Slow repayers: The characteristics of borrowers who make slow progress in reducing their student loans

Publication Details

This report looks at people who used the Student Loan Scheme (SLS) and left tertiary study between 2000 and 2006, and focuses on those who make slow progress towards repaying their loans.

Author(s): Nick Chen and Michael Webster, Tertiary Sector Performance Analysis, Ministry of Education.

Date Published: March 2013

Executive Summary

Slow repayment of student loans means people hold loans for extended periods, and this results in higher costs to the government. Half of all those who left tertiary education with a student loan in 2006, and remained in New Zealand, are expected to have paid off their loans in full in 5.2 years and three-quarters will have paid off in less than 10 years.  But for people on low incomes, the repayment rules in the loan scheme mean their repayment obligations are reduced. This means that there will always be some people who hold their loans over many years and there will be some who never repay in full.  Understanding the characteristics of the people who are likely to repay slowly provides information that can help shape policy on the student support system.
This report looks at people who used the Student Loan Scheme (SLS) and left tertiary study between 2000 and 2006, and focuses on those who make slow progress towards repaying their loans. It focuses on four cohorts of student loan borrowers, divided into two categories:

  • borrowers who left study in 2000, 2002 or 2004, before the introduction of interest-free loans for all New Zealand-based borrowers from April 2006;
  • borrowers who left study in 2006, following the introduction of the interest-free student loans policy.


It profiles those borrowers who made little or no progress in reducing their loans post-study. It also looks at the characteristics of borrowers who were always New Zealand-based after leaving study in 2006, and whose income was consistently below the student loan repayment threshold over the next three years.

Key Findings

Who were the slow repayers in the 2006 cohort?
46 percent of all borrowers who left study in 2006 still had 85 percent of their leaving balance outstanding after three years post-study. A significant proportion of borrowers who remained in New Zealand (40 percent) made little or no progress in repaying their loan over these three years, despite the removal of interest on their loans from 2006.
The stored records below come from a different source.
//! NSEC records with the keys of their owners and of their ends (RFC 4034, 4.1.1 and 6.1).
ghost use Rattle.std.specs.Prelude.{◌≡◌, IfOk};
ghost use Rattle.dns_denial_index.specs.NameKeys.{name_key as name_key_of, end_key as end_key_of};

use crate::name_keys::name_key;
use dns_rdata::NsecRecord;
use dns_record::{NoMemory, Octets};
use std::alloc::Global;
use std::marker::Model;

/// The last byte of the key behind all names at or below a name.
const BEHIND: u8 = 255;

/// A record with the keys of its owner and of its end. Contracts see the record.
pub(crate) struct KeyedNsec<'a> {
    nsec: &'a NsecRecord,
    owner: Octets,
    end: Octets,
}

impl<'a> Model for KeyedNsec<'a> {
    ghost use Rattle.std.specs.Prelude.{◌≡◌};
    ghost use Rattle.dns_model.specs.Owned.{OwnedNsec};
    ghost use Rattle.dns_denial_index.specs.NameKeys.{name_key, end_key};

    ghost Value = { OwnedNsec };

    ghost view = { λ k. k.nsec.now };

    ghost invariant = { λ k. (k.owner ≡ name_key k.nsec.now.owner) × (k.end ≡ end_key k.nsec.now) };
}

// By hand, so that a function that lets one go calls this.
impl<'a> Drop for KeyedNsec<'a> {
    fn drop(self) {
        let KeyedNsec {
            nsec: _,
            owner,
            end,
        } = self;
        drop(owner);
        drop(end);
    }
}

impl<'a> KeyedNsec<'a> {
    /// A record with its keys. Those of names that another record has too, such as the one before it in a response, are shared
    /// with that one.
    pub(crate) fn new(
        alloc: Global,
        nsec: &'a NsecRecord,
        other: &Option<KeyedNsec<'a>>,
    ) -> Result<KeyedNsec<'a>, NoMemory>
        ensures { IfOk result (λ keyed. keyed ≡ nsec.now) }
    {
        if let Some(keyed) = other {
            let known = keyed.nsec;
            if known.owner.eq_case(&nsec.owner) {
                return keyed.beside(alloc, nsec);
            }
        }
        let owner = Octets::from_slice(alloc, name_key(&nsec.owner.borrowed()).as_slice())?;
        let end = end_key(alloc, nsec, owner.as_slice())?;
        Ok(KeyedNsec { nsec, owner, end })
    }

    // Another record of the same owner, with its keys.
    #[tactic(auto, using(crate::proofs::NameKeys::same_end))]
    fn beside(&self, alloc: Global, nsec: &'a NsecRecord) -> Result<KeyedNsec<'a>, NoMemory>
        requires { nsec.now.owner ≡ self.now.owner }
        ensures { IfOk result (λ keyed. keyed ≡ nsec.now) }
    {
        let known = self.nsec;
        let owner = self.owner.try_clone()?;
        let end = if known.next.eq_case(&nsec.next) {
            self.end.try_clone()?
        } else {
            end_key(alloc, nsec, owner.as_slice())?
        };
        Ok(KeyedNsec { nsec, owner, end })
    }

    /// The key of the owner.
    pub(crate) fn owner(&self) -> &Octets
        ensures { result.now ≡ name_key_of self.now.owner }
    {
        &self.owner
    }

    /// The key of the end.
    pub(crate) fn end(&self) -> &Octets
        ensures { result.now ≡ end_key_of self.now }
    {
        &self.end
    }
}

// The key at which the names between a record's owner and its next one end, by the key of the owner. Where the record leads
// back, it is the one right behind all names at or below the next one.
fn end_key(alloc: Global, nsec: &NsecRecord, owner: &[u8]) -> Result<Octets, NoMemory>
    requires { owner.now ≡ name_key_of nsec.now.owner }
    ensures { IfOk result (λ key. key ≡ end_key_of nsec.now) }
{
    let mut key = name_key(&nsec.next.borrowed());
    if key.as_slice().cmp(owner).is_le() {
        key.push(BEHIND);
    }
    Octets::from_slice(alloc, key.as_slice())
}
Slow repayers were more likely to:

  • be over 50 years old during their last study year
  • have studied below degree level
  • have failed to complete a qualification
  • have studied in fields where lower level courses were predominant, such as food and hospitality, society and culture, or creative arts
  • be Māori or Pasifika.


Borrowers who were overseas-based for a period after study were much more likely to be slow in repaying, compared with those New Zealand-based borrowers.

Who had income below the student loan repayment threshold in the 2006 cohort?

This paper also looked at New Zealand-based borrowers who were below the income threshold for student loan repayments for the first three years after leaving tertiary study. They were broadly associated with many of the same characteristics as the slow repayers in 2006. Borrowers under the threshold were more likely to:

  • be over 50 years old during their last study year
  • have studied below degree level
  • have failed to complete a qualification
  • have studied in fields where lower level courses were predominant, such as food and hospitality, society and culture, or creative arts
  • be Māori, Pasifika or Asian. This reflected the existence of a group of older Asian permanent residents (who were eligible for loans at that time, but mostly wouldn’t be now).
  • be female, reflecting time out of the workforce to raise children before the age of 35 years
  • have received more than half of their income in the form of an income-tested benefit in their third year after tertiary study ended.


Slow repayers from earlier cohorts

For the 2000, 2002 and 2004 cohorts, a slow repayer is defined as a borrower who has 75 percent or more of their leaving balance still outstanding five years post study. These borrowers may have been making some repayments, but interest and penalties incurred meant they had made little progress in repaying the loan principal. The characteristics of slow repayers in these earlier cohorts are not significantly different from the slow repayers from the 2006 cohort.

The focus in this report is on those who left study in 2006 or earlier.  The employment context, the tertiary education system and the loan scheme have all changed since then.

The 2006 leavers entered tertiary education before the implementation of a set of moves designed to lift the quality and relevance of lower level tertiary qualifications that have resulted in a shift towards higher-value tertiary education, with the proportion of borrowers who take higher level qualifications rising steadily.  There was a decline of enrolments in low level certificates of 31 percent between 2005 and 2010.  

Changes in the loan scheme made in Budgets 2010-2012 – such as the freezing of the repayment threshold and the increase in the repayment obligation – are increasing repayment rates, leading to a reduction in forecasts of repayment times of more than a year.

At the same time, changes in the education system, such as Youth Guarantee, Vocational Pathways and greater availability of performance information are lifting the performance of the system.  

The 2006 leavers experienced the first and second years of the increase in youth unemployment – 2008 and 2009.  This resulted in worse employment outcomes for these leavers compared to earlier ones.